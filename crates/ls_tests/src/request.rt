//! Each call once with ample memory; `ls_tables` has the tables of requests.
use ls_form::{Pair, Params};
use ls_request::*;
use ls_value::{NoMemory, Text, same_bytes};
use std::alloc::Global;

/// Whether a request is the end of session 3, of the name `5`.
fn is_destroy(answer: &Result<Request, RequestRefused>) -> bool {
    match answer {
        Ok(Request::Control(control)) => {
            same_bytes(control.req.as_bytes(), b"5")
                && control.session == Some(3)
                && matches!(control.op, Op::Destroy)
        }
        _ => false,
    }
}

#[test]
fn a_request_is_read(rt: HostRuntime) {
    let params = b"LS_reqId=5&LS_op=destroy&LS_session=S3";
    let answer = read(rt.alloc(), LinkKind::Http, b"control", params);
    assert!(rt; is_destroy(&answer));
}

/// A pair of a name and a text.
fn pair(alloc: Global, name: &str, text: &str) -> Result<Pair, NoMemory> {
    let name = Text::from_string(String::from_str(alloc, name)?);
    let text = Text::from_string(String::from_str(alloc, text)?);
    Ok(Pair { name, text })
}

/// The parameters of that request.
fn destroy(alloc: Global) -> Result<Params, NoMemory> {
    let req = pair(alloc, "LS_reqId", "5")?;
    let op = pair(alloc, "LS_op", "destroy")?;
    let session = pair(alloc, "LS_session", "S3")?;
    Ok(Params::of(vec![in alloc; req, op, session]?))
}

#[test]
fn pairs_are_read(rt: HostRuntime) -> Result<(), NoMemory> {
    let params = destroy(rt.alloc())?;
    let answer = read_pairs(rt.alloc(), LinkKind::Ws, b"control", &params);
    assert!(rt; is_destroy(&answer));
    Ok(())
}
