//! Numbers, words and names at the edges of what they may be.
use ls_words::{divided, first_piece, is_name, number_in, split_once};
use std::test::Fail;

#[test]
fn numbers_are_read(rt: HostRuntime) -> Result<(), Fail> {
    let cases: [(&[u8], u64, u64, Option<u64>); 16] = [
        (b"0", 0, 9, Some(0)),
        (b"7", 0, 9, Some(7)),
        (b"9", 0, 9, Some(9)),
        (b"10", 0, 9, None),
        (b"5", 5, 5, Some(5)),
        (b"4", 5, 9, None),
        (b"5", 9, 5, None),
        (b"", 0, 9, None),
        (b"00", 0, 9, None),
        (b"07", 0, 9, None),
        (b"+7", 0, 9, None),
        (b"-7", 0, 9, None),
        (b"7 ", 0, 9, None),
        (b"7a", 0, 99, None),
        (b"/", 0, 99, None),
        (b":", 0, 99, None),
    ];
    for (text, low, high, number) in cases {
        assert!(rt; number_in(text, low, high) == number);
    }
    Ok(())
}

#[test]
fn great_numbers_are_read(rt: HostRuntime) -> Result<(), Fail> {
    let cases: [(&[u8], u64, u64, Option<u64>); 10] = [
        (b"999999999", 1, 999999999, Some(999999999)),
        (b"1000000000", 1, 999999999, None),
        (
            b"999999999999999999",
            0,
            999999999999999999,
            Some(999999999999999999),
        ),
        (b"1000000000000000000", 0, 999999999999999999, None),
        (
            b"1152921504606846976",
            0,
            1152921504606846976,
            Some(1152921504606846976),
        ),
        (b"1152921504606846977", 0, 1152921504606846976, None),
        (b"18446744073709551615", 0, u64::MAX, Some(u64::MAX)),
        (b"18446744073709551616", 0, u64::MAX, None),
        (b"184467440737095516150", 0, u64::MAX, None),
        (
            b"99999999999999999999999999999999999999999x",
            0,
            u64::MAX,
            None,
        ),
    ];
    for (text, low, high, number) in cases {
        assert!(rt; number_in(text, low, high) == number);
    }
    Ok(())
}

#[test]
fn texts_are_divided(rt: HostRuntime) -> Result<(), Fail> {
    let alloc = rt.alloc();
    let cases: [(&[u8], &[&[u8]]); 8] = [
        (b"", &[b""]),
        (b"a", &[b"a"]),
        (b"pub 1 7 item a=1", &[b"pub", b"1", b"7", b"item", b"a=1"]),
        (b"a  b", &[b"a", b"", b"b"]),
        (b" a", &[b"", b"a"]),
        (b"a ", &[b"a", b""]),
        (b" ", &[b"", b""]),
        (b"a\tb", &[b"a\tb"]),
    ];
    for (text, words) in cases {
        let found = divided(alloc, b' ', text)?;
        assert!(rt; found.as_slice() == words);
    }
    Ok(())
}

#[test]
fn names_are_told(rt: HostRuntime) -> Result<(), Fail> {
    let alloc = rt.alloc();
    let cases: [(&[u8], bool); 16] = [
        (b"a", true),
        (b"Zz", true),
        (b"09", true),
        (b"a_b.c-d", true),
        (b"-", true),
        (b"", false),
        (b"a b", false),
        (b"a,b", false),
        (b"a/b", false),
        (b"a:b", false),
        (b"@", false),
        (b"[", false),
        (b"`", false),
        (b"{", false),
        (b"caf\xC3\xA9", false),
        (b"a\n", false),
    ];
    for (text, is) in cases {
        assert!(rt; is_name(text) == is);
    }
    let longest = vec![in alloc; b'a'; 64]?;
    assert!(rt; is_name(&longest));
    let longer = vec![in alloc; b'a'; 65]?;
    assert!(rt; !is_name(&longer));
    Ok(())
}

#[test]
fn texts_are_split(rt: HostRuntime) -> Result<(), Fail> {
    let cases: [(&[u8], Option<(&[u8], &[u8])>); 6] = [
        (b"", None),
        (b"a", None),
        (b"a=b", Some((b"a", b"b"))),
        (b"a=b=c", Some((b"a", b"b=c"))),
        (b"=", Some((b"", b""))),
        (b"==", Some((b"", b"="))),
    ];
    for (text, halves) in cases {
        assert!(rt; split_once(b'=', text) == halves);
        let (first, behind) = first_piece(b'=', text);
        let want: (&[u8], Option<&[u8]>) = match halves {
            Some((front, back)) => (front, Some(back)),
            None => (text, None),
        };
        assert!(rt; first == want.0 && behind == want.1);
    }
    Ok(())
}
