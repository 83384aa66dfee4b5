//! The buffer of a slot in mode DISTINCT (General Concepts, mode DISTINCT, buffers and snapshots).
//!
//! [`DistinctBuffer`] keeps the rows of the snapshot that are owed and its end, the last Clear, and the own rows of
//! the last updates since then, as many as its size. It is a [`ls_event::Buffer`]: `DistinctBuffer::new` where the
//! slot joins, with the item's snapshot or without one, then `enqueue` for each event, and `look` and `pass`, or
//! [`ls_event::take_one`], for each cut. The definitions (specs/) say what it holds, the exact step of each call, and
//! for which slots it stands; it knows no history and no line.
#![tactic(auto)]

mod as_buffer;
mod distinct;

pub use distinct::DistinctBuffer;
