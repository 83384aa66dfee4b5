//! Buffers compared with the plain programs on histories that are drawn, always the same ones.
ghost use Rattle.std.specs.Prelude.{◌≤◌};

mod command;
mod distinct;
mod merge;
mod raw;

use crate::made::cell;
use ls_event::{Entry, Event, Taken};
use ls_value::{Cell, Cells, NoMemory, Row};
use std::alloc::Global;

/// A linear congruential generator (Knuth's MMIX).
#[derive(Drop)]
struct Draws {
    state: u64,
}

impl Draws {
    /// A number below n, or 0.
    fn below(&mut self, n: u64) -> u64
        ensures { result ≤ n }
    {
        self.state = self
            .state
            .wrapping_mul(6364136223846793005)
            .wrapping_add(1442695040888963407);
        if n == 0 { 0 } else { (self.state >> 33) % n }
    }
}

/// The word of a drawn cell.
fn word(draws: &mut Draws) -> &'static str {
    match draws.below(5) {
        0 | 1 => "=",
        2 => "#",
        3 => "a",
        _ => "b",
    }
}

/// A drawn event of an item with two fields: one in six is a Clear.
fn event(alloc: Global, draws: &mut Draws) -> Result<Event, NoMemory> {
    if draws.below(6) == 0 {
        return Ok(Event::Clear);
    }
    let mut cells = Vec::new(alloc);
    for word in [word(draws), word(draws)] {
        cells.push(cell(alloc, word)?)?;
    }
    Ok(Event::Update(Cells::of(cells)))
}

/// An entry of a number.
fn entry(seq: u64, event: Event) -> Entry {
    Entry {
        adapter: 1,
        seq,
        event,
    }
}

/// A drawn history of so many events.
fn history(alloc: Global, draws: &mut Draws, events: u64) -> Result<Vec<Entry>, NoMemory> {
    let mut entries = Vec::new(alloc);
    for i in 0..events {
        let event = event(alloc, draws)?;
        entries.push(entry(i, event))?;
    }
    Ok(entries)
}

/// Whether two cells are equal.
fn same_cell(a: &Cell, b: &Cell) -> bool {
    match (a, b) {
        (Cell::Same, Cell::Same) | (Cell::Null, Cell::Null) => true,
        (Cell::Text(s), Cell::Text(t)) => s.as_bytes() == t.as_bytes(),
        _ => false,
    }
}

/// Whether two changes tell the same cells.
fn same_cells(a: &Cells, b: &Cells) -> bool {
    a.len() == b.len()
        && a.as_slice()
            .iter()
            .zip(b.as_slice())
            .all(|(s, t)| same_cell(s, t))
}

/// Whether two cuts are equal.
fn same_cut(a: &Option<Taken>, b: &Option<Taken>) -> bool {
    match (a, b) {
        (None, None) => true,
        (Some(Taken::Change { cells: s, upto: m }), Some(Taken::Change { cells: t, upto: n })) => {
            m == n && same_cells(s, t)
        }
        (Some(Taken::Row { row: s, upto: m }), Some(Taken::Row { row: t, upto: n })) => {
            m == n && ls_value::same(s, t)
        }
        (Some(Taken::Lost { count: s, upto: m }), Some(Taken::Lost { count: t, upto: n })) => {
            m == n && s == t
        }
        (Some(Taken::Cleared { upto: m }), Some(Taken::Cleared { upto: n })) => m == n,
        (Some(Taken::EndOfSnapshot), Some(Taken::EndOfSnapshot)) => true,
        (
            Some(
                Taken::Key {
                    key: j,
                    row: s,
                    upto: m,
                },
            ),
            Some(
                Taken::Key {
                    key: k,
                    row: t,
                    upto: n,
                },
            ),
        ) => m == n && j.as_bytes() == k.as_bytes() && same_rows(s, t),
        _ => false,
    }
}

/// Whether two rows are equal, or there are none.
fn same_rows(a: &Option<Row>, b: &Option<Row>) -> bool {
    match (a, b) {
        (None, None) => true,
        (Some(s), Some(t)) => ls_value::same(s, t),
        _ => false,
    }
}

/// The number that a cut tells up to.
fn upto(taken: &Taken) -> u64 {
    match taken {
        Taken::Change { cells: _, upto } => *upto,
        Taken::Row { row: _, upto } => *upto,
        Taken::Lost { count: _, upto } => *upto,
        Taken::Key {
            key: _,
            row: _,
            upto,
        } => *upto,
        Taken::Cleared { upto } => *upto,
        Taken::EndOfSnapshot => 0,
    }
}
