//! Each call once with ample memory; `ls_tables` has the tables of form texts and decimals.
use ls_form::*;
use ls_value::same_bytes;
use std::alloc::Global;

/// Whether a name has this text.
fn says(params: &Params, name: &[u8], text: &[u8]) -> bool {
    match params.find(name) {
        Some(found) => same_bytes(found.as_bytes(), text),
        None => false,
    }
}

/// Whether the pairs of a form text are read and found.
fn finds(alloc: Global) -> bool {
    match pairs(alloc, b"LS_op=add&x&%61b=%2B") {
        Ok(params) => {
            params.len() == 3
                && says(&params, b"LS_op", b"add")
                && says(&params, b"x", b"")
                && says(&params, b"ab", b"+")
                && params.find(b"ls_op").is_none()
        }
        Err(_) => false,
    }
}

#[test]
fn pairs_are_read_and_found(rt: HostRuntime) {
    assert!(rt; finds(rt.alloc()));
}

/// Whether thousandths have this decimal.
fn prints(alloc: Global, n: u64, decimal: &[u8]) -> bool {
    match print_milli(alloc, n) {
        Ok(text) => same_bytes(text.as_slice(), decimal),
        Err(_) => false,
    }
}

#[test]
fn decimals_are_printed(rt: HostRuntime) {
    assert!(rt; prints(rt.alloc(), 1250, b"1.25"));
}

====

- [TO DO]: Reply with nothing except the number of lines in the records that include the word "many".

- [ANSWER FOR THE TASK]: 2